[Dataset entries]
Start of Block
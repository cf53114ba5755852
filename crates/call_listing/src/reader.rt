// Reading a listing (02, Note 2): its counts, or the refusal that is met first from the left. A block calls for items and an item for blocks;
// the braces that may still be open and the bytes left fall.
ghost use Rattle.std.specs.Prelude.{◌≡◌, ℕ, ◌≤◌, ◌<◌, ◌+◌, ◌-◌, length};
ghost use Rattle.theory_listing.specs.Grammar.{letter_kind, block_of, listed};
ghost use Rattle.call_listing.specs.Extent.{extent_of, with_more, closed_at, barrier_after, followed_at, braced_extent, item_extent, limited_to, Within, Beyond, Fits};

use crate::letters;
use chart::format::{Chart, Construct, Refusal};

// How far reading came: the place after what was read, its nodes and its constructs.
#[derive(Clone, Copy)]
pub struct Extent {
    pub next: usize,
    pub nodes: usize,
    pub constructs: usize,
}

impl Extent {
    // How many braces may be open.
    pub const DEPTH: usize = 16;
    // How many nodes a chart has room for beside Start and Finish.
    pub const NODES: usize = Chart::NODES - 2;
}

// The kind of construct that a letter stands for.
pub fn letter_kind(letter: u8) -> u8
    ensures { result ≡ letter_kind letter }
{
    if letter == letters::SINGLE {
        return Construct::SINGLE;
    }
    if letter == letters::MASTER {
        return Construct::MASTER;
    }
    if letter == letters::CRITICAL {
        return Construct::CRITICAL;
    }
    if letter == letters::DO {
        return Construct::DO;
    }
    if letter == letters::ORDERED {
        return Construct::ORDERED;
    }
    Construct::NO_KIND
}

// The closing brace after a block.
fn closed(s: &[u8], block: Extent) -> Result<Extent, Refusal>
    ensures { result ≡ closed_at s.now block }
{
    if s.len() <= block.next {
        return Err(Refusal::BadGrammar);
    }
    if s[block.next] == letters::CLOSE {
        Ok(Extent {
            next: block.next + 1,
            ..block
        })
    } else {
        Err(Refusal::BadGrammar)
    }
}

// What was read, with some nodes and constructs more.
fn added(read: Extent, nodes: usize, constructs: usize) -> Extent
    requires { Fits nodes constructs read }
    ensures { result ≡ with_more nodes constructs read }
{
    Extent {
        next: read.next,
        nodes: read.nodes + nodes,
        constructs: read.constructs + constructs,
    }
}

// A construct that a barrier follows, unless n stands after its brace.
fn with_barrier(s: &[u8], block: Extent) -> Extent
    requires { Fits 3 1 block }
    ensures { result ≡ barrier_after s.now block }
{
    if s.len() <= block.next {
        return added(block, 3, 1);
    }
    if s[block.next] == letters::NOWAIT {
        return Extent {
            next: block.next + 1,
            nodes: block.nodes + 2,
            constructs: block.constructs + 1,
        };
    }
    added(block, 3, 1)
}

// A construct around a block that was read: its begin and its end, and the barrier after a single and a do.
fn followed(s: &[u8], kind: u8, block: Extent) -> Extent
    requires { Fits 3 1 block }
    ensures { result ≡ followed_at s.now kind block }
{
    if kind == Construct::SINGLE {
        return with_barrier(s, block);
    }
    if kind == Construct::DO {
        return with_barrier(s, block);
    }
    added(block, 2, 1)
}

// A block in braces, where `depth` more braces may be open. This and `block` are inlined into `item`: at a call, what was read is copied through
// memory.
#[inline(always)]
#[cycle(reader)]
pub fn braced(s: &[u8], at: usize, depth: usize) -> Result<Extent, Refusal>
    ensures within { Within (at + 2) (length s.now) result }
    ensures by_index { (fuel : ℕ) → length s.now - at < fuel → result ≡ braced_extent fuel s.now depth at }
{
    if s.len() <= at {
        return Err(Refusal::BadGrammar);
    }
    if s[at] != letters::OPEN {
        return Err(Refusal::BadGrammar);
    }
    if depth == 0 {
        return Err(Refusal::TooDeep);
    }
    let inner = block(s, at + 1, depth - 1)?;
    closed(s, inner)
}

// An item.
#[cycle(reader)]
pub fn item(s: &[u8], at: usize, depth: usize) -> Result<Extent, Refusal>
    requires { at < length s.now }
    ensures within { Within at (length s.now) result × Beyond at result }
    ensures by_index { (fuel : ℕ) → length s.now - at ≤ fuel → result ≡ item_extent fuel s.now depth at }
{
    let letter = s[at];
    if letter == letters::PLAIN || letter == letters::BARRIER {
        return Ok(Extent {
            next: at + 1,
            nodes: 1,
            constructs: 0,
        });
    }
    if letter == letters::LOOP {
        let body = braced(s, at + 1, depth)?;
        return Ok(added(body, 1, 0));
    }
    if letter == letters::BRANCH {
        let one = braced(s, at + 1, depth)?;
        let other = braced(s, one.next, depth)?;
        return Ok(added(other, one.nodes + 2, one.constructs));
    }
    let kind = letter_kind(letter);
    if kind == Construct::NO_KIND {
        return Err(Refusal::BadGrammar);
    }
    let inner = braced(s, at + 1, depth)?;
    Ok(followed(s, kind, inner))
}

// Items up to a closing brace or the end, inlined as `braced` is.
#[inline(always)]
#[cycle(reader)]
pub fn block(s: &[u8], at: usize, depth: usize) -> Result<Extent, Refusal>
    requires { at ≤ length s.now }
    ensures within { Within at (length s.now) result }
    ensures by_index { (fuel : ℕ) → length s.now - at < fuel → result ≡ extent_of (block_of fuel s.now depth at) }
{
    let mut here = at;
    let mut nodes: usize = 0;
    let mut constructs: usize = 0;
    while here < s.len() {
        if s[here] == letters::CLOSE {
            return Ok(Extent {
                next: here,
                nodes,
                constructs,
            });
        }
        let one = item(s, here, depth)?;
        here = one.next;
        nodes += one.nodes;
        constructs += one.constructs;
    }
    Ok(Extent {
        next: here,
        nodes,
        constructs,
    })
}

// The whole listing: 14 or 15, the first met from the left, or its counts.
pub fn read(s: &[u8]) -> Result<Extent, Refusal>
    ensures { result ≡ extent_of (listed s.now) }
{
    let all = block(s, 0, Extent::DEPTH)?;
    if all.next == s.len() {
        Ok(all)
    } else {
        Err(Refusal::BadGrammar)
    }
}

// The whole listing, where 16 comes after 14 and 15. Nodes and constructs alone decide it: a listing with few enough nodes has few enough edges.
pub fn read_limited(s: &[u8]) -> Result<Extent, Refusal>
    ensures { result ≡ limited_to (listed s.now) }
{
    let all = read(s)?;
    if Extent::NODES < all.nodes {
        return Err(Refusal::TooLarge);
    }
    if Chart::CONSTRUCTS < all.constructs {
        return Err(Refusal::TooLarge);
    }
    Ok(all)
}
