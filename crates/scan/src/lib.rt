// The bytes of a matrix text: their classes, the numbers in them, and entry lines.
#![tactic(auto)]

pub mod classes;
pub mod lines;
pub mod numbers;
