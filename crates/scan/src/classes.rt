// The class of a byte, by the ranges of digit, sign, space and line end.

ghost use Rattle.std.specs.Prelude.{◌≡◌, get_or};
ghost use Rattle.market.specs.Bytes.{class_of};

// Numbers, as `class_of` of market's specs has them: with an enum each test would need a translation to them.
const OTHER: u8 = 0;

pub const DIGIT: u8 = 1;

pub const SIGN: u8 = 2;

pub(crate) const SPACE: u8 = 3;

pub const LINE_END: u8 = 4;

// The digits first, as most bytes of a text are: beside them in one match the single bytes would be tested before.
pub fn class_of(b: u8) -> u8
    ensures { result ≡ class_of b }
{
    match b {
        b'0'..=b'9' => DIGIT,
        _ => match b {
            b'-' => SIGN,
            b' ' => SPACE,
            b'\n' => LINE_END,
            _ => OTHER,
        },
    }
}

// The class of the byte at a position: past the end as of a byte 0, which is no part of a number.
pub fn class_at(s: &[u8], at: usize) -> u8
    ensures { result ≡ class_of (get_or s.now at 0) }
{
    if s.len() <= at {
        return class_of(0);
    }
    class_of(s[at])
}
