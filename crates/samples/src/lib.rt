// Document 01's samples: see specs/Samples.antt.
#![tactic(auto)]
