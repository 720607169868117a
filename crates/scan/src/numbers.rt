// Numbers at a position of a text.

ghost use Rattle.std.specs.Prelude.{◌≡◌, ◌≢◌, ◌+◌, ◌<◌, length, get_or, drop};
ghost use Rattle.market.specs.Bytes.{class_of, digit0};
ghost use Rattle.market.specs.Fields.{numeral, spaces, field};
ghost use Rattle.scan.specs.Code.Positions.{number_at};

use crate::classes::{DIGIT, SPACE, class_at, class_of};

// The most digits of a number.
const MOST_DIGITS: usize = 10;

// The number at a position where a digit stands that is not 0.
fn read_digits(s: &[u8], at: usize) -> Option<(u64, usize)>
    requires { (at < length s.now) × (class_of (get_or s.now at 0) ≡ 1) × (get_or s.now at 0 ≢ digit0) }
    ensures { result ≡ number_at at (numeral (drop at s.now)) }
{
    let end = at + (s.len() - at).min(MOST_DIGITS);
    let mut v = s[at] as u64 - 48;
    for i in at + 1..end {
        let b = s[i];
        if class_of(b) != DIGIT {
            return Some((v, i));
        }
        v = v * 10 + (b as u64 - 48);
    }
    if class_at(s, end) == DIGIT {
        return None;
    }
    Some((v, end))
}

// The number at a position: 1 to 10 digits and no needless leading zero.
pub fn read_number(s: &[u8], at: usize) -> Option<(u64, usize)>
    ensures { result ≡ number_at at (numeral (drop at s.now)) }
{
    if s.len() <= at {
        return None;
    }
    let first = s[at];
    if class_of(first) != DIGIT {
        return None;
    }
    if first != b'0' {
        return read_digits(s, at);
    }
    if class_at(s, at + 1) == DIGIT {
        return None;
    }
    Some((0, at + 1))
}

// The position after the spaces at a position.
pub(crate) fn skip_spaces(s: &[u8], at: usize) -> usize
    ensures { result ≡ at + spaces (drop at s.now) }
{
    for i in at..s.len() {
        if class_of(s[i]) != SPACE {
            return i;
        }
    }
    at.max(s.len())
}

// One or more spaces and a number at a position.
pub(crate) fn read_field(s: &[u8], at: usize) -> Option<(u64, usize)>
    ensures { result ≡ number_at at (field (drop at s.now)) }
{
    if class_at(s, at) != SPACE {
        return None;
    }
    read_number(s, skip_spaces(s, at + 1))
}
End of Block
▶ Work task: Copy exactly the line that contains "if class_of(s[i]) != SPACE" and every line after it, up to and including the last line of the records.

▶ Response box:
        if class_of(s[i]) != SPACE {
            return i;
        }
    }
    at.max(s.len())
}

// One or more spaces and a number at a position.
pub(crate) fn read_field(s: &[u8], at: usize) -> Option<(u64, usize)>
    ensures { result ≡ number_at at (field (drop at s.now)) }
{
    if class_at(s, at) != SPACE {
        return None;
    }
    read_number(s, skip_spaces(s, at + 1))
}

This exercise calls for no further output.